Well, I don’t mean to get into the weeds there. Check out that dress! I think she’s riding sidesaddle, too.
My favorite women’s costumes were the cowboy ones, with jackets like the men’s and a long, mostly straight skirt instead of pants.
Although, you can ride sidesaddle only in that. I guess ladies in those skirts didn’t ride?
My favorite float:
The statue lady is bent, carrying a woven basket of Easter lilies, and somehow they had that basket swaying as if she were trudging along under the load. The real ladies there: look at them! Three different styles of bright dresses. And two cowboys, one in a traditional costume and one dressed the way most men dress here, modern cowboy style.
We watched that parade for the whole thing, maybe three hours? I had to put on a long-sleeved shirt to keep my arms out of the sun, and I ducked under people’s sun umbrellas to take photos. That sun was strong, and, again, it’s only February here!
After the parade we walked over to the big park where the carnival and band were set up so we could find some food, but tickets to get in were $15 (we thought it was free), so we kept walking, to the part of town where the dance exhibitions were wrapping up—that’s where I’d had street corn the weekend before. Elotes, I now know. The only stand with food there had fish tacos: score. We ate them hot in our hands, with lime aqua frescas we poured into our water bottles to keep cold.

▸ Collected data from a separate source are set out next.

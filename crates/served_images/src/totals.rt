//! The results of a server's sessions.
ghost use Rattle.std.specs.Prelude.{◌≡◌};
ghost use Rattle.served_images.specs.Ends.{results};
ghost use Rattle.served_images.specs.Sessions.{counted};

use program_values::Results;
use settlement::Confirmed;

/// The results of a server's sessions.
#[derive(Clone, Copy, Debug, PartialEq, Eq)]
pub struct Totals {
    /// Writes that were completed.
    pub completed: u64,
    /// Receipts that the settlements confirmed.
    pub confirmed: u64,
    /// Blocks that were marked after the last session: the peer's image may not have them.
    pub marked: u32,
}

impl Totals {
    /// The results before the first session.
    pub const NOTHING: Totals = Totals {
        completed: 0,
        confirmed: 0,
        marked: 0,
    };

    /// Returns the results that are printed, where the disks were compared with this many unmarked differences, or not.
    pub fn results(&self, unmarked: Option<u32>) -> Results
        ensures { result ≡ results self.now unmarked }
    {
        Results {
            completed: self.completed,
            settled: self.confirmed,
            unmarked,
        }
    }

    /// Adds the results of one session, after which this many blocks are marked.
    pub fn with_session(&self, completed: usize, session: Confirmed, marked: u32) -> Totals
        ensures completed { result.completed ≡ counted self.now.completed completed }
        ensures confirmed { result.confirmed ≡ counted self.now.confirmed session.confirmed }
        ensures last { result.marked ≡ marked }
    {
        Totals {
            completed: self.completed.saturating_add(completed as u64),
            confirmed: self.confirmed.saturating_add(session.confirmed),
            marked,
        }
    }
}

All done, we found our bikes and rode back, in and out of traffic. All the cars and trucks in the Rio Grande Valley were inching forward on the surrounding small streets; they were filled with costumed people holding children and looking pleased. Overall, warm and lively for sure.

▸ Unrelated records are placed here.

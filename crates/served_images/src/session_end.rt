//! What a session leaves for the next one.
ghost use Rattle.std.specs.Prelude.{◌≡◌, IfOk, IsOk};
ghost use Rattle.served_images.specs.Sessions.{NodesComeTo};

use crate::beginning::ImagesMetadata;
use crate::totals::Totals;
use blocks::{ConnectionWords, Refusal, Store};
use disk_pair::Disks;
use image_metadata::OpeningBytes;
use link::{FrameIn, FrameOut};
use primary::{Primary, Receipt};
use secondary::Secondary;
use settlement::{confirm_all, parts_after};
use std::alloc::Global;
use std::marker::Model;
use volume::SessionStart;

/// What a session leaves for the next one.
#[derive(Drop)]
pub struct SessionEnd<D: Store, M: OpeningBytes, N: OpeningBytes> {
    pub disks: Disks<D>,
    pub parts: SessionStart,
    pub totals: Totals,
    pub metadata: ImagesMetadata<M, N>,
}

impl<D: Store, M: OpeningBytes, N: OpeningBytes> Model for SessionEnd<D, M, N> {
    ghost use Rattle.served_images.specs.Sessions.{Rest};

    ghost Value = { Rest };

    ghost view = { λ e. record { disks = e.disks; parts = e.parts; totals = e.totals } };
}

/// Settles two nodes at rest with the receipts that their session gave, if its work was done, and returns what the next session
/// starts from, over the same disks and with these words. It reads no block. The refusals are that of the work, and those of
/// `confirm_all` and `parts_after`.
pub fn settle_session<D: Store + Drop, M: OpeningBytes, N: OpeningBytes>(
    alloc: Global,
    words: ConnectionWords,
    totals: Totals,
    metadata: ImagesMetadata<M, N>,
    primary: Primary<impl FrameOut + Drop, impl FrameIn + Drop, D>,
    secondary: Secondary<impl FrameOut + Drop, impl FrameIn + Drop, D>,
    worked: Result<Vec<Receipt>, Refusal>,
) -> Result<SessionEnd<D, M, N>, Refusal>
    ensures disks { IfOk result (λ rest. (rest.disks.local ≡ primary.disk) × (rest.disks.peer ≡ secondary.disk)) }
    ensures faithful { IfOk result (λ rest. rest.disks.local_faithful ≡ primary.faithful) }
    ensures done { IfOk result (λ _. IsOk worked) }
    ensures comes { IfOk result (λ rest. IfOk worked (λ receipts. NodesComeTo primary secondary receipts.items totals rest.totals rest.parts)) }
{
    let mut primary = primary;
    let settled = settle_and_hand_over(alloc, words, totals, &mut primary, &secondary, worked);
    let disks = Disks {
        local: primary.into_store(),
        peer: secondary.into_store(),
    };
    match settled {
        Ok((parts, totals)) => Ok(SessionEnd {
            disks,
            parts,
            totals,
            metadata,
        }),
        Err(refusal) => Err(refusal),
    }
}

// Settles both nodes, if the work was done. Returns the parts of the next session, and the results of the sessions so far.
fn settle_and_hand_over(
    alloc: Global,
    words: ConnectionWords,
    totals: Totals,
    primary: &mut Primary<impl FrameOut + Drop, impl FrameIn + Drop, impl Store + Drop>,
    secondary: &Secondary<impl FrameOut + Drop, impl FrameIn + Drop, impl Store + Drop>,
    worked: Result<Vec<Receipt>, Refusal>,
) -> Result<(SessionStart, Totals), Refusal>
    ensures same { primary.new ≡ primary.old }
    ensures done { IfOk result (λ _. IsOk worked) }
    ensures comes { IfOk result (λ left. IfOk worked (λ receipts. NodesComeTo primary.old secondary.now receipts.items totals left.1 left.0)) }
{
    let receipts = worked?;
    let confirmed = confirm_all(primary, secondary, receipts.as_slice())?;
    let parts = parts_after(alloc, primary, secondary, words)?;
    let totals = totals.with_session(receipts.len(), confirmed, primary.marks());
    Ok((parts, totals))
}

I love how descriptive and beautiful everything is
But I just can’t get past your description of how cruel it is the way they train the horses. I am apart if many horse rescue groups. They treat those animals like slaves like automobiles with no feelings. I am sure it was a beautiful display, but the idea of what they do to those gorgeous animals appalling
Thank you for describing the experience I will continue to work on help this gorgeous creatures to get out of slaughter houses and out if the pits of hell that they live in when they definitely don’t deserve it!!!
I’d never heard of “dancing horses” until I saw this group, and I was horrified by the little I could see of how they’re treated. I googled it right there to confirm my guess that their training is despicable. Thank you for speaking up on behalf of the horses and for your rescue work.